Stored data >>
// Voxels put on a work list, of which no flood has taken any before: one, a run of them, or a patch of runs. Labels stand in bytes, the work list in
// numbers of 32 bits, both lent.
#![tactic(auto)]

ghost use Rattle.std.specs.Prelude.{◌≡◌, ℕ, ◌+◌, ◌*◌, ◌≤◌, ◌<◌, length};
ghost use Rattle.rules.specs.Grid.{range};
ghost use Rattle.pushing.specs.Push.{fill_of, push as push_of, push_all, patch_at, Ready};

// Rows of voxels, so many, `step` apart, of `wide` voxels each.
#[derive(Clone, Copy)]
pub struct Patch {
    pub wide: usize,
    pub rows: usize,
    pub step: usize,
}

// Puts voxel j on the work list, if no flood has taken it.
pub fn push(label: &mut [u8], work: &mut [i32], end: usize, j: usize) -> usize
    requires { (j < length label.old) × Ready (fill_of label.old work.old end) }
    ensures { fill_of label.new work.new result ≡ push_of j (fill_of label.old work.old end) }
{
    if label[j] == 1 {
        label[j] = 2;
        work[end] = j as i32;
        end + 1
    } else {
        end
    }
}

// The voxels of a run, `wide` of them from first on.
fn push_all(label: &mut [u8], work: &mut [i32], mut end: usize, first: usize, wide: usize) -> usize
    requires { (first + wide ≤ length label.old) × Ready (fill_of label.old work.old end) }
    ensures { fill_of label.new work.new result
        ≡ push_all (range first wide) (fill_of label.old work.old end) }
{
    for j in first..first + wide {
        end = push(label, work, end, j);
    }
    end
}

// The same, by one look at all of them. Most runs have none left to take; the label 1 is odd, and so are labels joined with it.
fn push_run(label: &mut [u8], work: &mut [i32], end: usize, first: usize, wide: usize) -> usize
    requires { (first + wide ≤ length label.old) × Ready (fill_of label.old work.old end) }
    ensures { fill_of label.new work.new result
        ≡ push_all (range first wide) (fill_of label.old work.old end) }
{
    if loops::joined(label, first, first + wide) % 2 == 0 {
        end
    } else {
        push_all(label, work, end, first, wide)
    }
}

// The voxels of a patch, row by row.
pub fn push_patch(
    label: &mut [u8],
    work: &mut [i32],
    mut end: usize,
    first: usize,
    patch: Patch,
) -> usize
    requires { ((r : ℕ) → r < patch.rows → first + r * patch.step + patch.wide ≤ length label.old) × Ready (fill_of label.old work.old end) }
    ensures { fill_of label.new work.new result
        ≡ push_all (patch_at patch first) (fill_of label.old work.old end) }
{
    for row in 0..patch.rows {
        end = push_run(label, work, end, first + row * patch.step, patch.wide);
    }
    end
}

TASK TO CARRY OUT >> All of the records above need to be printed again exactly as they appear.

ANSWER SPACE >>
// Voxels put on a work list, of which no flood has taken any before: one, a run of them, or a patch of runs. Labels stand in bytes, the work list in
// numbers of 32 bits, both lent.
#![tactic(auto)]

ghost use Rattle.std.specs.Prelude.{◌≡◌, ℕ, ◌+◌, ◌*◌, ◌≤◌, ◌<◌, length};
ghost use Rattle.rules.specs.Grid.{range};
ghost use Rattle.pushing.specs.Push.{fill_of, push as push_of, push_all, patch_at, Ready};

// Rows of voxels, so many, `step` apart, of `wide` voxels each.
#[derive(Clone, Copy)]
pub struct Patch {
    pub wide: usize,
    pub rows: usize,
    pub step: usize,
}

// Puts voxel j on the work list, if no flood has taken it.
pub fn push(label: &mut [u8], work: &mut [i32], end: usize, j: usize) -> usize
    requires { (j < length label.old) × Ready (fill_of label.old work.old end) }
    ensures { fill_of label.new work.new result ≡ push_of j (fill_of label.old work.old end) }
{
    if label[j] == 1 {
        label[j] = 2;
        work[end] = j as i32;
        end + 1
    } else {
        end
    }
}

// The voxels of a run, `wide` of them from first on.
fn push_all(label: &mut [u8], work: &mut [i32], mut end: usize, first: usize, wide: usize) -> usize
    requires { (first + wide ≤ length label.old) × Ready (fill_of label.old work.old end) }
    ensures { fill_of label.new work.new result
        ≡ push_all (range first wide) (fill_of label.old work.old end) }
{
    for j in first..first + wide {
        end = push(label, work, end, j);
    }
    end
}

// The same, by one look at all of them. Most runs have none left to take; the label 1 is odd, and so are labels joined with it.
fn push_run(label: &mut [u8], work: &mut [i32], end: usize, first: usize, wide: usize) -> usize
    requires { (first + wide ≤ length label.old) × Ready (fill_of label.old work.old end) }
    ensures { fill_of label.new work.new result
        ≡ push_all (range first wide) (fill_of label.old work.old end) }
{
    if loops::joined(label, first, first + wide) % 2 == 0 {
        end
    } else {
        push_all(label, work, end, first, wide)
    }
}

// The voxels of a patch, row by row.
pub fn push_patch(
    label: &mut [u8],
    work: &mut [i32],
    mut end: usize,
    first: usize,
    patch: Patch,
) -> usize
    requires { ((r : ℕ) → r < patch.rows → first + r * patch.step + patch.wide ≤ length label.old) × Ready (fill_of label.old work.old end) }
    ensures { fill_of label.new work.new result
        ≡ push_all (patch_at patch first) (fill_of label.old work.old end) }
{
    for row in 0..patch.rows {
        end = push_run(label, work, end, first + row * patch.step, patch.wide);
    }
    end
}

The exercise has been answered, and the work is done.